Algorithm for finding closest pair of points
1 Dimensional case
In a 1 dimensional case, the algorithm is easy. One can sort \(n\) points in \(\Theta(n\lg n)\) time and then spend linear time to find the minimum distance between adjacent points. But this becomes tricky in 2 dimensional case.
2 Dimensional case
The distance between two points \((x_1, y_1)\) and \((x_2, y_2)\) is given by
\[ \sqrt{(x_1-x_2)^2 + (y_1-y_2)^2} \]
Here there is a brute force algorithm that runs in \(\Theta(n^2)\). But we can use the divide and conquer design paradigm to devise an algorithm that runs in \(\Theta(n\lg n)\).
Method
We have input, a 2 set \(P\) of 2-dimensional points. We sort the points according to the \(x\) coordinate and save it in array \(X\), similarly sort the points according to the \(Y\) coordinate and save it in the array \(Y\). Consider this as a pre-processing step which is going to take \(\mathcal O(n\lg n)\) time.
As usual, we need to split the problem into two sub-problems, solve the sub-problem and somehow use the solutions of the two sub-problems to arrive at the solution. Here the recursion ends when the number of elements in \(P\) is less than or equal to \(3\) (in this case use Brute-force method to sort).

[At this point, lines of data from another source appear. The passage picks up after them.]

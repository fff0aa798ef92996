//! Rows, values, predicates and writes.

ghost use Rattle.std.specs.Prelude.{◌↔◌, IsTrue, All};
ghost use Rattle.mv_values.specs.Printable.{IsPrintable};

use crate::cases::ensure_at;
use mv_cases::ensure::ensure;
use mv_values::copied::Copied;
use mv_values::list::List;
use mv_values::memory::NoMemory;
use mv_values::op::Op;
use mv_values::patch::{Assign, Patch, Write};
use mv_values::pred::{Pred, Test};
use mv_values::rows::{Keyed, Rows};
use mv_values::txt::Txt;
use mv_values::value::{Key, Row, Value};
use std::alloc::Global;
use std::cmp::Ordering;
use std::test::Fail;

/// Returns a row of numbers.
pub(crate) fn row(alloc: Global, numbers: &[i64]) -> Result<Row, NoMemory> {
    let mut row = List::new(alloc);
    for n in numbers {
        row.push(Value::Int(*n))?;
    }
    Ok(row)
}

/// Returns a key of numbers.
pub(crate) fn key(alloc: Global, numbers: &[i64]) -> Result<Key, NoMemory> {
    let mut key = Key::new();
    for n in numbers {
        key.push(alloc, Value::Int(*n))?;
    }
    Ok(key)
}

fn is_printable(byte: u8) -> bool
    ensures { IsTrue result ↔ IsPrintable byte }
{
    32 <= byte && byte <= 126
}

fn are_printable(bytes: &[u8]) -> bool
    ensures { IsTrue result ↔ All IsPrintable bytes.now }
{
    bytes.iter().all(|byte| is_printable(*byte))
}

/// Returns the text of these bytes if they are printable, and else the empty text.
fn txt(alloc: Global, text: &str) -> Result<Txt, NoMemory> {
    let bytes = text.as_bytes();
    if are_printable(bytes) {
        Txt::of(alloc, bytes)
    } else {
        Ok(Txt::new(alloc))
    }
}

/// Returns rows with one row, under this key.
fn only(alloc: Global, n: i64) -> Result<Rows, NoMemory> {
    let key = key(alloc, &[n])?;
    let row = row(alloc, &[n])?;
    let mut rows = Rows::new(alloc);
    rows.push(Keyed { key, row })?;
    Ok(rows)
}

fn place_of(alloc: Global, rows: &Rows, n: i64) -> Result<Result<usize, usize>, NoMemory> {
    let key = key(alloc, &[n])?;
    Ok(rows.place_of(&key))
}

/// A key, and its place, or its gap, if the only key is 7.
const PLACES: &[(i64, Result<usize, usize>)] = &[(6, Err(0)), (7, Ok(0)), (8, Err(1))];

fn found_as_told(alloc: Global, rows: &Rows) -> Result<(), Fail> {
    for (i, (n, want)) in PLACES.iter().enumerate() {
        ensure_at(alloc, place_of(alloc, rows, *n)? == *want, i)?;
    }
    Ok(())
}

#[test]
fn rows_are_found_by_key(rt: HostRuntime) -> Result<(), Fail> {
    let rows = only(rt.alloc(), 7)?;
    found_as_told(rt.alloc(), &rows)
}

#[test]
fn rows_are_copied(rt: HostRuntime) -> Result<(), Fail> {
    let copy = only(rt.alloc(), 7)?.copy(rt.alloc())?;
    ensure(
        rt.alloc(),
        copy.as_slice().len() == 1,
        "another number of rows",
    )
}

/// A value of a case.
pub(crate) enum Given {
    Number(i64),
    Text(&'static str),
}

pub(crate) fn value(alloc: Global, given: &Given) -> Result<Value, NoMemory> {
    match given {
        Given::Number(n) => Ok(Value::Int(*n)),
        Given::Text(text) => Ok(Value::Text(txt(alloc, text)?)),
    }
}

fn order(alloc: Global, left: &Given, right: &Given) -> Result<Ordering, NoMemory> {
    let left = value(alloc, left)?;
    let right = value(alloc, right)?;
    Ok(left.order(&right))
}

const ORDERS: &[(Given, Given, Ordering)] = &[
    (Given::Number(-1), Given::Number(1), Ordering::Less),
    (Given::Number(9), Given::Text("a"), Ordering::Less),
    (Given::Text("a"), Given::Text("ab"), Ordering::Less),
    (Given::Text("ab"), Given::Text("ab"), Ordering::Equal),
];

#[test]
fn values_stand_in_order(rt: HostRuntime) -> Result<(), Fail> {
    let alloc = rt.alloc();
    for (i, (left, right, want)) in ORDERS.iter().enumerate() {
        ensure_at(alloc, order(alloc, left, right)? == *want, i)?;
    }
    Ok(())
}

#[test]
fn a_shorter_key_stands_first(rt: HostRuntime) -> Result<(), Fail> {
    let key = key(rt.alloc(), &[1])?;
    let order = Key::new().order(&key);
    ensure(rt.alloc(), order == Ordering::Less, "an empty key")
}

/// Returns a predicate for the rows whose first column, the key, is 7 and whose second is at least 10. It selects the
/// third.
fn rich(alloc: Global) -> Result<Pred, NoMemory> {
    let mut tests = List::new(alloc);
    tests.push(Test {
        column: 0,
        key_place: Some(0),
        op: Op::Eq,
        value: Value::Int(7),
    })?;
    tests.push(Test {
        column: 1,
        key_place: None,
        op: Op::Ge,
        value: Value::Int(10),
    })?;
    let mut columns = List::new(alloc);
    columns.push(2)?;
    Ok(Pred {
        table: 0,
        tests,
        columns,
    })
}

/// A row, and whether the predicate matches it and admits its first column as a key.
type Matched = ([i64; 4], bool, bool);

const MATCHED: &[Matched] = &[
    ([7, 10, 1, 1], true, true),
    ([7, 9, 1, 1], false, true),
    ([8, 10, 1, 1], false, false),
];

fn matches(alloc: Global, pred: &Pred, case: &Matched) -> Result<bool, NoMemory> {
    let (numbers, matches, admits) = *case;
    let key = key(alloc, &[numbers[0]])?;
    let row = row(alloc, &numbers)?;
    Ok(pred.matches(&row) == matches && pred.admits(&key) == admits)
}

fn matched_as_told(alloc: Global, pred: &Pred) -> Result<(), Fail> {
    for (i, case) in MATCHED.iter().enumerate() {
        ensure_at(alloc, matches(alloc, pred, case)?, i)?;
    }
    Ok(())
}

/// A row before and after a change, where there is one, and whether the predicate sees the same.
type Seen = (Option<[i64; 4]>, Option<[i64; 4]>, bool);

const SEEN: &[Seen] = &[
    (Some([7, 10, 1, 1]), Some([7, 10, 1, 2]), true),
    (Some([7, 10, 1, 1]), Some([7, 11, 1, 1]), true),
    (Some([7, 10, 1, 1]), Some([7, 10, 2, 1]), false),
    (Some([7, 10, 1, 1]), Some([7, 9, 1, 1]), false),
    (Some([7, 9, 1, 1]), None, true),
    (None, None, true),
    (None, Some([7, 10, 1, 1]), false),
];

fn maybe_row(alloc: Global, numbers: Option<[i64; 4]>) -> Result<Option<Row>, NoMemory> {
    match numbers {
        None => Ok(None),
        Some(numbers) => Ok(Some(row(alloc, &numbers)?)),
    }
}

fn sees(alloc: Global, pred: &Pred, case: &Seen) -> Result<bool, NoMemory> {
    let (before, after, want) = *case;
    let before = maybe_row(alloc, before)?;
    let after = maybe_row(alloc, after)?;
    Ok(pred.same(before.as_ref(), after.as_ref()) == want)
}

fn seen_as_told(alloc: Global, pred: &Pred) -> Result<(), Fail> {
    for (i, case) in SEEN.iter().enumerate() {
        ensure_at(alloc, sees(alloc, pred, case)?, i)?;
    }
    Ok(())
}

const NAMED: &[(u8, bool)] = &[(0, true), (1, true), (2, true), (3, false)];

fn named_as_told(alloc: Global, pred: &Pred) -> Result<(), Fail> {
    for (i, (column, want)) in NAMED.iter().enumerate() {
        ensure_at(alloc, pred.names(*column) == *want, i)?;
    }
    Ok(())
}

fn sees_as_told(alloc: Global, pred: &Pred) -> Result<(), Fail> {
    matched_as_told(alloc, pred)?;
    seen_as_told(alloc, pred)?;
    named_as_told(alloc, pred)
}

fn copy_of_rich(alloc: Global) -> Result<Pred, NoMemory> {
    let pred = rich(alloc)?;
    pred.copy(alloc)
}

#[test]
fn a_predicate_sees_what_it_tests_and_selects(rt: HostRuntime) -> Result<(), Fail> {
    let pred = copy_of_rich(rt.alloc())?;
    sees_as_told(rt.alloc(), &pred)
}

/// Returns a write of column 3 of a row of table 2.
fn write(alloc: Global) -> Result<Write, NoMemory> {
    let key = key(alloc, &[7])?;
    let mut items = List::new(alloc);
    items.push(Assign {
        column: 3,
        value: Value::Int(4),
    })?;
    Ok(Write {
        table: 2,
        key,
        patch: Patch::Set(items),
    })
}

/// Returns the table and the column of a write that sets one column.
fn set_by(write: &Write) -> Option<(u8, u8)> {
    match &write.patch {
        Patch::Set(items) => match items.as_slice() {
            [item] => Some((write.table, item.column)),
            _ => None,
        },
        _ => None,
    }
}

fn copy_of_write(alloc: Global) -> Result<Write, NoMemory> {
    let write = write(alloc)?;
    write.copy(alloc)
}

#[test]
fn writes_are_copied(rt: HostRuntime) -> Result<(), Fail> {
    let copy = copy_of_write(rt.alloc())?;
    ensure(rt.alloc(), set_by(&copy) == Some((2, 3)), "another write")
}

Divide: Divide points of \(P\) into almost two. In order to do this, find the median of the sorted array \(X\) and \(P_l\) shall consists of points whose \(x\) coordinate lies in the left side of median, similarly \(P_r\) be points whose \(x\) coordinate lies in the right side of the median.
Given the split of \(P\) into \(P_l\) and \(P_r\), it is easy to split \(X\) into \(X_l\) and \(X_r\) (actually nothing to do). We also want to split the points of \(Y\) into two, \(Y_l\) and \(Y_r\). We use the fact that \(Y\) is a sorted according to \(y\) co-ordinate to devise a linear time algorithm.
Algorithm
{% gist 0dd5080962e82547175d %}
Conquer Having divided \(P\) into \(P_l\) and \(P_r\), we make two recursive calls, one to find the closest pair of points of \(P_l\) and another one to find the closest pair of points in \(P_r\). The inputs to the first call are the subset \(P_l\) and arrays \(X_l\) and \(Y_l\); the second call inputs \(P_r, X_r,\) and \(Y_r\). Let the closest-pair distances for \(P_l\), returned for \(P_l\) and \(P_r\) be \(\delta_l, \delta_r\) respectively, and let \(\delta = \min \{ \delta_l, \delta_r\}\).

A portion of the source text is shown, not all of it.